Major-power cutbacks and delayed payments amidst conflict and insecurity are testing the very principles and frameworks upon which the international human rights infrastructure was built nearly 80 years ago. Human rights need defending now more than ever, which is why the United Nations leadership needs to ensure that its efforts to cut costs don’t jeopardize the UN’s critical human rights work.
The Trump administration’s review of US engagement with multilateral organizations and its refusal to pay assessed UN contributions—which account for 22 percent of the UN’s regular budget—have pushed the cash-strapped international organization into a full-blown financial crisis. China, the second biggest contributor, continues to pay but has been delaying payments, exacerbating the UN’s years-long liquidity crisis. With widespread layoffs looming, UN Secretary-General Antonio Guterres has been forced to dig deep for cost-saving measures.
A six-page memo seen by Human Rights Watch—entitled “UN80 structural changes and programmatic realignment” and marked as “Strictly Confidential”—outlines proposals for eliminating redundancies and unnecessary costs across the UN.
The proposals include consolidating apparently overlapping mandates, reducing the UN’s presence in expensive locations like New York City, and cutting some senior posts.
While some UN80 proposals have merit, the section on human rights is worrying.
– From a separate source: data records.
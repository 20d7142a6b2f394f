//! Lists of changes.
ghost use Rattle.std.specs.Prelude.{◌≡◌, ◌++◌, ◌∷◌, [], IfOk, OnOk, OnErr};
ghost use Rattle.link_tree.specs.Trees.{inverse_of};

use link_tree::Change;
use std::alloc::{AllocError, Global};
use std::marker::Model;

/// The changes that an operation makes, in byte order of their paths, each path once. Contracts see
/// the list of them.
#[derive(Debug, Drop)]
pub struct Changes {
    items: Vec<Change>,
}

impl Model for Changes {
    ghost use Rattle.std.specs.Prelude.{List};
    ghost use Rattle.link_tree.specs.declared.change.Change.{Change};

    ghost Value = { List Change };

    ghost view = { λ changes. changes.items.items };
}

impl Changes {
    /// No changes, as for a refusal or a question. Allocates no memory.
    pub fn none(alloc: Global) -> Changes
        ensures { result ≡ [] }
    {
        Changes {
            items: Vec::new(alloc),
        }
    }

    /// Adds a change. If memory runs out, the list stays as it was.
    pub(crate) fn push(&mut self, change: Change) -> Result<(), AllocError>
        ensures ok { OnOk result (self.new ≡ self.old ++ change ∷ []) }
        ensures err { OnErr result (self.new ≡ self.old) }
    {
        Ok(self.items.push(change)?)
    }

    /// The changes, in order.
    pub fn as_slice(&self) -> &[Change]
        ensures { result.now ≡ self.now }
    {
        &self.items
    }

    /// A copy of the changes. Fails only if memory runs out.
    pub fn copy(&self) -> Result<Changes, AllocError>
        ensures { IfOk result (λ changes. changes ≡ self.now) }
    {
        let mut copy = Changes::none(*self.items.allocator());
        for change in self.as_slice() {
            copy.push(change.copy()?)?;
        }
        Ok(copy)
    }

    /// The changes that undo these, in the same order: after them, each path has the entry that it
    /// had before these. Fails only if memory runs out.
    pub fn inverse(&self) -> Result<Changes, AllocError>
        ensures { IfOk result (λ changes. changes ≡ inverse_of self.now) }
    {
        let mut inverse = Changes::none(*self.items.allocator());
        for change in self.as_slice() {
            inverse.push(change.taken_back()?)?;
        }
        Ok(inverse)
    }
}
It suggests downgrading and cutting several senior human rights posts and merging different activities. But at a time when rights crises are multiplying and populist leaders hostile to rights are proliferating, any reduction of the UN’s human rights capacities would be shortsighted.
Efficiency and cost-effectiveness are important, but the UN’s human rights work has long been grossly underfunded and understaffed. The Office of the High Commissioner for Human Rights gets just 5 percent of the UN’s regular budget. Countless lives depend on its investigations and monitoring, which help deter abuses in often ignored or inaccessible locales. Investigations of war crimes and other atrocities in places like Sudan, Ukraine, Israel/Palestine, and elsewhere are already struggling amidst a UN-wide hiring freeze and pre-Trump liquidity shortfall.
For years, Russia and China have lobbied to defund the UN’s human rights work. There is now a risk that the United States, which has gutted its own funding for human rights worldwide, will no longer oppose these efforts and will instead enable them.
During these trying times, the UN should be reminding the world that its decades-long commitment to human rights is unwavering.